Recorded data>
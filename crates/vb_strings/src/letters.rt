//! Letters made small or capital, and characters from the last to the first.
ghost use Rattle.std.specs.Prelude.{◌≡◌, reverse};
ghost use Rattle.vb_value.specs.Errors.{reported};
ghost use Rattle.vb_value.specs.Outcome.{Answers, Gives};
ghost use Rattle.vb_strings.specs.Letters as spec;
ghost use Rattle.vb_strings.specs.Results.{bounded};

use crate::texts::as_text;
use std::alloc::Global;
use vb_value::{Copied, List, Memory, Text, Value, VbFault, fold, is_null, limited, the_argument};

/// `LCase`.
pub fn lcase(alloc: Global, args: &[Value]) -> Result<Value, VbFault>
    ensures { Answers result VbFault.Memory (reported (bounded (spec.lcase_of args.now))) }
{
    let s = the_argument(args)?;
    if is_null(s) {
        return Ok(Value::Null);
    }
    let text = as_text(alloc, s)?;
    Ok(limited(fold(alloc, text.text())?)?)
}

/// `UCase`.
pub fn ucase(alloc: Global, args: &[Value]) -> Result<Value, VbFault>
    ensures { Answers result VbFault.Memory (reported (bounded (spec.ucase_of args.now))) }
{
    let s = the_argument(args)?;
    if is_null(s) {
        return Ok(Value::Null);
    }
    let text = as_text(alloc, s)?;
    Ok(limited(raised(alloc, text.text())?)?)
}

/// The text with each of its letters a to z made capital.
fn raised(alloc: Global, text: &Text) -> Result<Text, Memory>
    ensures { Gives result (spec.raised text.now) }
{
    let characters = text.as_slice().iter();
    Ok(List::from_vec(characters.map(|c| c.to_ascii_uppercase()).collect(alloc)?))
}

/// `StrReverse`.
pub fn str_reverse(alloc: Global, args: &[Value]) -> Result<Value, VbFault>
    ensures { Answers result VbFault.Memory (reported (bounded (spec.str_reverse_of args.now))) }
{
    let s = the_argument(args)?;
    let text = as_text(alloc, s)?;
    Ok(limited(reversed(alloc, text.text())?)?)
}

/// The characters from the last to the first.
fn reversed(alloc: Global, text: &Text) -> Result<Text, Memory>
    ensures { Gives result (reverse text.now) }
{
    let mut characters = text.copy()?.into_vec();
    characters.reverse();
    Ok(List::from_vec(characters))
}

...

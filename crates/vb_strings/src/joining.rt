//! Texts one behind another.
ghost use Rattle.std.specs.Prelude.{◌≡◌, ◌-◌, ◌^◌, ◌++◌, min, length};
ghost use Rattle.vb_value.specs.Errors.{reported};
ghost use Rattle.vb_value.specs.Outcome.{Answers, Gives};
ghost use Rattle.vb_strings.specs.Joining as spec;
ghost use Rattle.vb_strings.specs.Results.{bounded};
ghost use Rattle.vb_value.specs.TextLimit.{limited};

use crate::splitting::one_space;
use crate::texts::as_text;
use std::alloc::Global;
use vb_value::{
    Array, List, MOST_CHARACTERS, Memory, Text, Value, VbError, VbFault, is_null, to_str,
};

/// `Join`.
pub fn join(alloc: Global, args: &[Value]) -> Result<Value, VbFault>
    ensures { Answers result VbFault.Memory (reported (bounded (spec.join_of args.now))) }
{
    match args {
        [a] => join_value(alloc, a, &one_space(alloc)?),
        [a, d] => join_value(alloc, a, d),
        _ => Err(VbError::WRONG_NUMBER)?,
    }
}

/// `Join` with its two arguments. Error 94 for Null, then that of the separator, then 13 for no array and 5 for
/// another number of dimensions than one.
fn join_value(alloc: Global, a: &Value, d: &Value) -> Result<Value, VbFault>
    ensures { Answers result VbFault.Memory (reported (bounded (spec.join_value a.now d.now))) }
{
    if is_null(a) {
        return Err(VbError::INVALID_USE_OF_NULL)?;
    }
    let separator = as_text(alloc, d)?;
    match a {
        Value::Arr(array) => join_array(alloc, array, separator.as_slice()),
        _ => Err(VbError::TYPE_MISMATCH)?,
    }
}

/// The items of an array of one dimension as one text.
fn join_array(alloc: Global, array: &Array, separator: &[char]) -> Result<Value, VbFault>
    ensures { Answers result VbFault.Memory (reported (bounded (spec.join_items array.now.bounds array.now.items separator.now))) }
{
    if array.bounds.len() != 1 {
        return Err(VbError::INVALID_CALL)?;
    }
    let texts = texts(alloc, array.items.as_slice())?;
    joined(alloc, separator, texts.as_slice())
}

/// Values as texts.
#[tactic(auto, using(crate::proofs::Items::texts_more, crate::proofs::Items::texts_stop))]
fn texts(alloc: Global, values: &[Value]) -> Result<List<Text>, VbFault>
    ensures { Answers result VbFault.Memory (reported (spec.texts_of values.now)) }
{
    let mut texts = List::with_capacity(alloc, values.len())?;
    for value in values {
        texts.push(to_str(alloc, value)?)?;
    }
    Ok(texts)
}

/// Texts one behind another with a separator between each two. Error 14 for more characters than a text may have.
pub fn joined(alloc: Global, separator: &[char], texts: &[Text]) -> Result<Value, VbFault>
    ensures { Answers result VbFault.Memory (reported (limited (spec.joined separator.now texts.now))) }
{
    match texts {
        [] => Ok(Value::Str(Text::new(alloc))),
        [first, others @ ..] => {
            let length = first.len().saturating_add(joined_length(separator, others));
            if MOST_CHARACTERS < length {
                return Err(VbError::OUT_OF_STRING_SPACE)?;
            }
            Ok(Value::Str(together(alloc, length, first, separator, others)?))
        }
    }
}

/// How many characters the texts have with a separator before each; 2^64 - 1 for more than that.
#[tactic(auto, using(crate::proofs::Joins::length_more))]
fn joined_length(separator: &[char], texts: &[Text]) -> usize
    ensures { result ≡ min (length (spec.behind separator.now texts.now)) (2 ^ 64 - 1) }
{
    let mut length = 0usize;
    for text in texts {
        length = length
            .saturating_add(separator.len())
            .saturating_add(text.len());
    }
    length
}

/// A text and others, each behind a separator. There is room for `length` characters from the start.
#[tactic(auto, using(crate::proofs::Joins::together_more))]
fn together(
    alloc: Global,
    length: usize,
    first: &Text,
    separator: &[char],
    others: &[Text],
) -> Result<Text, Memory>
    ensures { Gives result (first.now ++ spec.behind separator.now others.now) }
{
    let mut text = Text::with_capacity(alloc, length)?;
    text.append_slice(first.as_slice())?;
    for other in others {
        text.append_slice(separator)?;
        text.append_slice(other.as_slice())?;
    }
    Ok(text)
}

Exercise details> Copy out each line of the listing that contains the word "bounded".

Response>
ghost use Rattle.vb_strings.specs.Results.{bounded};
    ensures { Answers result VbFault.Memory (reported (bounded (spec.lcase_of args.now))) }
    ensures { Answers result VbFault.Memory (reported (bounded (spec.ucase_of args.now))) }
    ensures { Answers result VbFault.Memory (reported (bounded (spec.str_reverse_of args.now))) }
ghost use Rattle.vb_strings.specs.Results.{bounded};
    ensures { Answers result VbFault.Memory (reported (bounded (spec.join_of args.now))) }
    ensures { Answers result VbFault.Memory (reported (bounded (spec.join_value a.now d.now))) }
    ensures { Answers result VbFault.Memory (reported (bounded (spec.join_items array.now.bounds array.now.items separator.now))) }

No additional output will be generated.